When a call comes in to OAS, Oakland’s animal control officers have to be ready for just about anything. And sometimes these calls have nothing to do with domesticated animals such as dogs or cats.
Often the calls involve wildlife—animals that have gotten stuck in one way or another in close proximity to people. They are often injured as well, which further complicates the situation. During two recent responses to calls—the first involving a fox and the second an opossum—officer teams learned to get creative to assist the animals while keeping the public and themselves safe.
Officers Elena Hocking and Amanda Howes responded to a call about a fox in an Oakland hills yard. Part of the city’s beauty is the many parks that border residential neighborhoods, some of which lead into the foothills or heavily wooded areas, so wild animal calls come in more often than one might expect. In this case, a sick fox had found its way into the home’s laundry room, stumbled off a deck, and fell several feet. At that point it simply hunkered down in the yard. The officers arrived to discover a very sick fox—possibly having seizures from distemper—down a steep hillside. Eventually, they had to scale the hillside to reach the animal, after which they sedated it in order to keep the fox from further harming itself or other people or animals.

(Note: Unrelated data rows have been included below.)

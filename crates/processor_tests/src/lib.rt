//! The tests of `mips_code` and `mips_exec`, and nothing else.
#![tactic(auto)]

#[cfg(test)]
mod branches;
#[cfg(test)]
mod codes;
#[cfg(test)]
mod computing;
#[cfg(test)]
mod machine;
#[cfg(test)]
mod steps;
#[cfg(test)]
mod stretches;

In a second case that same day, OAS Animal Control Officers Leo Ayala and Jessica Colman responded to a call about an opossum tangled in barbed wire in the city’s Fruitvale district. In struggling to free itself, the animal had injured and more deeply entangled itself. With backup from officers Hocking and Howes, the OAS team sedated the animal and then had to climb a fence to be able to use a bolt cutter to set it free.
The teamwork and innovation such situations demand often extends beyond the officers to the rest of OAS’s staff, veterinarians and volunteers, as well as to local veterinarians and rehabilitation groups—including Montclair Veterinary Hospital and Yggdrasil Urban Wildlife Rescue (YUWR) and Education Center, both of which regularly take on the injured wildlife retrieved by OAS officers. Together these people and groups assist OAS officers with the care, rehabilitation and, hopefully, eventual release of the animals. By the time rehabilitated wildlife is released, we hope they have grown a little savvier about living around humans, which, unfortunately for them, is a reality of their semi-urban environment. But just in case they haven’t, OAS’s animal control officers are here, ready to serve.